Pero el Segundo Imperio era la apelación al chovinismo francés, la reivindicación de las fronteras del Primer Imperio, perdidas en 1814, o al menos las de la Primera República. Era imposible que subsistiese a la larga un Imperio francés dentro de las fronteras de la antigua monarquía, más aún, dentro de las fronteras todavía más amputadas de 1815. Esto implicaba la necesidad de guerras accidentales y de ensanchar las fronteras. Pero no había zona de expansión que tanto deslumbrase la fantasía de los chovinistas franceses como las tierras alemanas de la orilla izquierda del Rin. Para ellos, una milla cuadrada en el Rin valía más que diez en los Alpes o en cualquier otro sitio. Proclamado el Segundo Imperio, la reivindicación de la orilla izquierda del Rin fuese de una vez o por partes, era simplemente una cuestión de tiempo. Y el tiempo llegó con la guerra austro-prusiana de 1866. Defraudado en sus esperanzas de “compensaciones territoriales” por el engaño de Bismarck y por su propia política demasiado astuta y vacilante, a Napoleón no le quedaba ahora más salida que la guerra, que estalló en 1870 y le empujó primero a Sedán y después a Wilhelmshöhe.

La consecuencia inevitable fue la revolución de París del 4 de septiembre de 1870. El Imperio se derrumbó como un castillo de naipes y nuevamente fue proclamada la república. Pero el enemigo estaba a las puertas. Los ejércitos del Imperio estaban sitiados en Metz sin esperanza de salvación o prisioneros en Alemania. En esta situación angustiosa, el pueblo permitió a los diputados parisinos del antiguo Cuerpo Legislativo constituirse en un “Gobierno de la Defensa Nacional”. Estuvo tanto más dispuesto a acceder a esto, cuanto que, para los fines de la defensa, todos los parisinos capaces de empuñar las armas se habían enrolado en la Guardia Nacional y estaban armados, con lo cual los obreros representaban dentro de ella una gran mayoría. Pero el antagonismo entre el Gobierno, formado casi exclusivamente por burgueses, y el proletariado en armas no tardó en estallar. El 31 de octubre los batallones obreros tomaron por asalto el Hôtel de Ville y capturaron a algunos miembros del Gobierno. Mediante una traición, la violación descarada por el Gobierno de su palabra y la intervención de algunos batallones pequeñoburgueses, se consiguió ponerlos nuevamente en libertad y, para no provocar el estallido de la guerra civil dentro de una ciudad sitiada por un ejército extranjero, se permitió seguir en funciones al Gobierno constituido.
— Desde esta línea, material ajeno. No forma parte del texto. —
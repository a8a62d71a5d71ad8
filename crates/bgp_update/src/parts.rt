//! An UPDATE part by part (RFC 4271, 4.3): what a router says, before it is asked what to do about
//! it.

ghost use Rattle.std.specs.Prelude.{IfSome, IfNone};
ghost use Rattle.bgp_update.specs.Parts.{LacksParts, SpellsParts, parts_of};

use crate::destinations::Destinations;
use crate::fields::split_update;
use bgp_attr::Attrs;
use bgp_open::{Family, RouteForm};

/// The parts of an UPDATE, each in wire order.
#[derive(Debug, Drop)]
pub struct Parts<'a> {
    /// The destinations that the Withdrawn Routes field withdraws.
    pub withdrawn: Destinations<'a>,
    /// The path attributes, repeated ones too.
    pub attributes: Attrs<'a>,
    /// The destinations that the NLRI field announces.
    pub nlri: Destinations<'a>,
}

/// Reads the parts of a whole UPDATE whose routes are spelled in this form. Returns none if a
/// length, one of the two lists of IPv4 destinations or the end of the attributes is at fault, or
/// if the octets are no UPDATE. It takes no memory.
pub fn read_parts(form: RouteForm, octets: &[u8]) -> Option<Parts<'_>>
    ensures some { IfSome result (λ parts. SpellsParts form octets.entry.now (parts_of parts)) }
    ensures none { IfNone result (LacksParts form octets.entry.now) }
{
    let Some(fields) = split_update(octets) else {
        return None;
    };
    let Some(withdrawn) = Destinations::new(form, Family::V4, fields.withdrawn) else {
        return None;
    };
    let Some(nlri) = Destinations::new(form, Family::V4, fields.nlri) else {
        return None;
    };
    let attributes = Attrs::new(fields.attributes);
    if attributes.tail().is_some() {
        return None;
    }
    Some(Parts {
        withdrawn,
        attributes,
        nlri,
    })
}
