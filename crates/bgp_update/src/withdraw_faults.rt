//! The faults for which the routes of an UPDATE are withdrawn (RFC 7606, 3 and 4).

ghost use Rattle.std.specs.Prelude.{◌≡◌, ◌↔◌, [], Some, IsTrue};
ghost use Rattle.bgp_update.specs.Mp.{Absent};
ghost use Rattle.bgp_update.specs.MpShown.{state_of};
ghost use Rattle.bgp_update.specs.Surveyed.{found_by};
ghost use Rattle.bgp_update.specs.WithdrawFaults.{
  IsEmptyNlri,
  HasWithdrawnAttribute,
  HasBrokenTail,
  LacksOriginOrPath,
  LacksNextHop,
  HasFormFault,
  HasWithdrawFault,
};

use crate::mp::MpState;
use crate::survey::Survey;
use bgp_attr::Tail;

impl Survey<'_> {
    /// Checks whether the NLRI field is empty.
    pub(crate) fn has_empty_nlri(&self) -> bool
        ensures { IsTrue result ↔ IsEmptyNlri (found_by self.now) }
    {
        self.nlri.is_empty()
    }

    /// Checks whether the Withdrawn Routes field is empty.
    pub(crate) fn has_empty_withdrawn(&self) -> bool
        ensures { IsTrue result ↔ ((found_by self.now).withdrawn ≡ Some []) }
    {
        self.withdrawn.is_empty()
    }

    /// Checks whether MP_REACH_NLRI isn't there.
    pub(crate) fn lacks_reach(&self) -> bool
        ensures { IsTrue result ↔ (state_of self.now.reach.state ≡ Absent) }
    {
        matches!(self.reach.state, MpState::Absent)
    }

    /// Checks the rule "withdrawn attribute".
    fn has_withdrawn_attribute(&self) -> bool
        ensures { IsTrue result ↔ HasWithdrawnAttribute (found_by self.now) }
    {
        self.pass.classes.withdraw
    }

    /// Checks the rule "broken tail".
    fn has_broken_tail(&self) -> bool
        ensures { IsTrue result ↔ HasBrokenTail self.now.tail }
    {
        match self.tail {
            None => false,
            Some(Tail::ShortHeader) => true,
            Some(Tail::Overrun(kind)) => kind != 14 && kind != 15,
        }
    }

    /// Checks the rule "missing ORIGIN or AS_PATH".
    fn lacks_origin_or_path(&self) -> bool
        ensures { IsTrue result ↔ LacksOriginOrPath (found_by self.now) }
    {
        let types = &self.pass.types;
        (!types.origin || !types.as_path) && (!self.has_empty_nlri() || !self.lacks_reach())
    }

    /// Checks the rule "missing NEXT_HOP".
    fn lacks_next_hop(&self) -> bool
        ensures { IsTrue result ↔ LacksNextHop (found_by self.now) }
    {
        !self.pass.types.next_hop && !self.has_empty_nlri()
    }

    /// Checks whether there is a withdraw-class fault other than an attribute's own class.
    pub(crate) fn has_form_fault(&self) -> bool
        ensures { IsTrue result ↔ HasFormFault (found_by self.now) }
    {
        self.reach.has_bits_in_conflict()
            || self.unreach.has_bits_in_conflict()
            || self.has_broken_tail()
            || self.lacks_origin_or_path()
            || self.lacks_next_hop()
    }

    /// Checks whether there is a withdraw-class fault.
    pub(crate) fn has_withdraw_fault(&self) -> bool
        ensures { IsTrue result ↔ HasWithdrawFault (found_by self.now) }
    {
        self.has_withdrawn_attribute() || self.has_form_fault()
    }
}
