// The blocks of a sheet worked out off the ledger that holds its lines: a row of figures for each, the sum of their K and of their dividend credits; and
// rule 17's test, whether one of these is above its block's K.
#![tactic(auto)]

ghost use Rattle.std.specs.Prelude.{◌≡◌, ◌+◌, ◌-◌, ◌^◌, ◌≤◌, ◌<◌};
ghost use Rattle.sizes.specs.Sizes.{blocks};
ghost use Rattle.ledger.specs.Lines.{OfLines};
ghost use Rattle.sheet_blocks.specs.Steps.{join, WorkedOut, RestKept};

use credits::CreditedLedger;
use figures::NumberedFigures;
use sizes::BLOCKS;

// What is known of the blocks up to some number: how many exist, the sum of their K, the sum of their dividend credits, and whether rule 17
// bars one of these.
// Kept: a flag beside the sums, since a Result or an Option would drop the promise of the sums and rows of a barred sheet's blocks, and be no
// plainer.
#[derive(Clone, Copy)]
pub struct BlockTotals {
    pub count: usize,
    pub sum: u64,
    pub dividends: u64,
    pub barred: bool,
}

// The rows of the blocks that exist, ascending, from the table's front on; behind them the table is as it was.
// Kept: the rows beside the ledger, here, below and in judgement; they are the caller's memory, lent for the call.
pub fn work_out(credited: &CreditedLedger<'_>, rows: &mut [NumberedFigures; BLOCKS]) -> BlockTotals
    ensures worked_out { OfLines credited.now.ledger.now (λ es. WorkedOut es blocks result rows.new) }
    ensures rest_kept { RestKept result.count rows.old rows.new }
{
    let mut w = BlockTotals {
        count: 0,
        sum: 0,
        dividends: 0,
        barred: false,
    };
    for i in 0..BLOCKS {
        w = work_block(credited, rows, i + 1, w);
    }
    w
}

// One block more: what is known of the blocks before it becomes what is known with it.
// Kept: the block's range as a clause, as in credits, which says why.
fn work_block(
    credited: &CreditedLedger<'_>,
    rows: &mut [NumberedFigures; BLOCKS],
    block: usize,
    w: BlockTotals,
) -> BlockTotals
    requires block_number { (1 ≤ block) × (block ≤ blocks) }
    requires worked_before { OfLines credited.now.ledger.now (λ es. WorkedOut es (block - 1) w rows.old) }
    ensures worked_out { OfLines credited.now.ledger.now (λ es. WorkedOut es block result rows.new) }
    ensures rest_kept { (w.count ≤ result.count) × RestKept result.count rows.old rows.new }
{
    let ledger = credited.ledger;
    if !ledger.block_exists(block) {
        let absent = BlockTotals {
            count: 0,
            sum: 0,
            dividends: credits::dividend_credit(ledger, block),
            barred: credits::has_dividend(ledger, block),
        };
        return joined_totals(w, absent);
    }
    let numbers = credited.numbers_after_credit(block);
    let figures = figures::figures_of(&numbers);
    let dividend = credits::dividend_credit(ledger, block);
    rows[w.count] = NumberedFigures {
        block: cast::word(block),
        figures,
    };
    let present = BlockTotals {
        count: 1,
        sum: figures.k,
        dividends: dividend,
        barred: figures.k < dividend,
    };
    joined_totals(w, present)
}

// What is known of some blocks and of those after them. Whether one is barred is told without a jump.
fn joined_totals(w: BlockTotals, more: BlockTotals) -> BlockTotals
    requires { (w.count + more.count < 2 ^ 64) × (w.sum + more.sum < 2 ^ 64) × (w.dividends + more.dividends < 2 ^ 64) }
    ensures { result ≡ join w more }
{
    BlockTotals {
        count: w.count + more.count,
        sum: w.sum + more.sum,
        dividends: w.dividends + more.dividends,
        barred: w.barred | more.barred,
    }
}
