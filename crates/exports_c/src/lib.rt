// The library for programs in C and Rust: each function calls the one of the same name in crate exports, with the same clauses.
#![tactic(auto)]

ghost use Rattle.std.specs.Prelude.{◌≡◌, length};
ghost use Rattle.lexer.specs.Lex.{lexed, lexed_words};
ghost use Rattle.reader.specs.Read.{reads};
ghost use Rattle.codes.specs.Coded.{coded, viewed, spanned, bounds};
ghost use Rattle.accessors.specs.Views.{number_view, span_view, count_view};
ghost use Rattle.plank.specs.Reads.{lent};
ghost use Rattle.exports.specs.Told.{Told};

// `exports::plank_lex`: the number of tokens, or a refusal's number times 2 to the 32nd and its place.
#[unsafe(no_mangle)]
pub extern "C" fn plank_lex(text: &[u8], tokens: &mut [u32]) -> u64
    ensures { (result ≡ coded (lexed text.now (length tokens.old))) × (tokens.new ≡ lexed_words text.now (length tokens.old)) }
{
    exports::plank_lex(text, tokens)
}

// The same by the branching lexer, for those who compare the two.
#[unsafe(no_mangle)]
pub extern "C" fn plank_lex_branching(text: &[u8], tokens: &mut [u32]) -> u64
    ensures { (result ≡ coded (lexed text.now (length tokens.old))) × (tokens.new ≡ lexed_words text.now (length tokens.old)) }
{
    exports::plank_lex_branching(text, tokens)
}

// `exports::plank_read`: 0, and the counts of tokens, nodes, value words and reports in `counts`, where it has four words; or a refusal's
// number times 2 to the 32nd and its place.
#[unsafe(no_mangle)]
pub extern "C" fn plank_read(
    text: &[u8],
    tokens: &mut [u32],
    nodes: &mut [u32],
    values: &mut [u32],
    reports: &mut [u32],
    counts: &mut [u64],
) -> u64
    ensures { Told (reads text.now (lent tokens.old nodes.old values.old reports.old)) result tokens.new nodes.new values.new reports.new counts.old counts.new }
{
    exports::plank_read(text, tokens, nodes, values, reports, counts)
}

// `exports::plank_view`: what the accessor `which` (`accessors::number`) tells of node `n`: a number, 2 to the 63rd for none, or refusal 8
// times 2 to the 32nd and its place. Accessors of lists tell their i-th.
#[unsafe(no_mangle)]
pub extern "C" fn plank_view(which: u32, nodes: &[u32], n: u32, i: u32) -> u64
    ensures { result ≡ viewed (number_view which i nodes.now n) }
{
    exports::plank_view(which, nodes, n, i)
}

// As `plank_view`, of the accessors that count.
#[unsafe(no_mangle)]
pub extern "C" fn plank_view_count(which: u32, nodes: &[u32], n: u32) -> u64
    ensures { result ≡ viewed (count_view which nodes.now n) }
{
    exports::plank_view_count(which, nodes, n)
}

// As `plank_view`, of the accessors that tell tokens: 0, and the first token and the one past the last in `span`, where it has two words.
#[unsafe(no_mangle)]
pub extern "C" fn plank_view_span(which: u32, nodes: &[u32], n: u32, span: &mut [u32]) -> u64
    ensures { (result ≡ spanned (span_view which nodes.now n)) × (span.new ≡ bounds (span_view which nodes.now n) span.old) }
{
    exports::plank_view_span(which, nodes, n, span)
}
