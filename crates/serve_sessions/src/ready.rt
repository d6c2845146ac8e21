//! What a rack reports once all its ports are listened at: the ports, in a file, and `ready`.

ghost use Rattle.std.specs.Prelude.{◌≡◌, IfErr, OnErr, OnOk};
ghost use Rattle.std.specs.Io.KnownBytes.{Appends};
ghost use Rattle.dp_text.specs.Writes.{WritesPrefix};
ghost use Rattle.serve_sessions.specs.Ready.{IsPortsFault, ready};

use crate::host::Host;
use crate::server_context::ServerContext;
use dp_text::write_whole;
use serve_faults::OutputFault;
use serve_sockets::{SocketContext, report_ports};
use std::io::{ErrorKind, Write};
use system_errors::Cause;

/// What is written once every port is listened at.
const READY: &[u8] = b"ready\n";

/// Writes the ports of all lines to the file that names them, if there is one.
pub fn name_ports<H: Host>(context: &ServerContext<'_, H>) -> Result<(), OutputFault>
    ensures { IfErr result IsPortsFault }
{
    let Some(path) = context.ports else {
        return Ok(());
    };
    let SocketContext {
        rt,
        serve_phase,
        ..
    } = &context.sockets;
    match report_ports(*rt, context.alloc, path, serve_phase.ports()) {
        Ok(()) => Ok(()),
        Err(error) => match error.kind() {
            ErrorKind::OutOfMemory => Err(OutputFault::OutOfMemory),
            _ => Err(OutputFault::CannotMakePorts(Cause::from_error(&error))),
        },
    }
}

/// Writes `ready` and flushes the writer.
pub fn write_ready<W: Write>(writer: &mut W) -> Result<(), OutputFault>
    ensures ok { OnOk result (Appends (W.contents writer.old) (W.contents writer.new) ready) }
    ensures err { OnErr result (WritesPrefix (W.contents writer.old) (W.contents writer.new) ready) }
    ensures fault { IfErr result (λ fault. fault ≡ OutputFault.WriteFault) }
{
    if write_whole(writer, READY).is_err() || writer.flush().is_err() {
        return Err(OutputFault::WriteFault);
    }
    Ok(())
}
Por fin, el 28 de enero de 1871, la ciudad de París, vencida por el hambre, capituló. Pero con honores sin precedente en la historia de las guerras. Los fuertes fueron rendidos, las murallas desarmadas, las armas de las tropas de línea y de la Guardia Móvil entregadas, y sus hombres fueron considerados prisioneros de guerra. Pero la Guardia Nacional conservó sus armas y sus cañones y se limitó a sellar un armisticio con los vencedores. Y éstos no se atrevieron a entrar en París en son de triunfo. Sólo osaron ocupar un pequeño rincón de la ciudad, una parte en que no había, en realidad, más que parques públicos, y, por añadidura, ¡sólo lo tuvieron ocupado unos cuantos días! Y durante este tiempo, ellos, que habían tenido cercado a París por espacio de 131 días, estuvieron cercados por los obreros armados de la capital, que montaban la guardia celosamente para evitar que ningún “prusiano” traspasase los estrechos límites del rincón cedido a los conquistadores extranjeros. Tal era el respeto que los obreros de París infundían a un ejército ante el cual habían rendido sus armas todas las tropas del Imperio. Y los junkers prusianos, que habían venido a tomarse la venganza en el hogar de la revolución, ¡no tuvieron más remedio que pararse respetuosamente a saludar a esta misma revolución armada!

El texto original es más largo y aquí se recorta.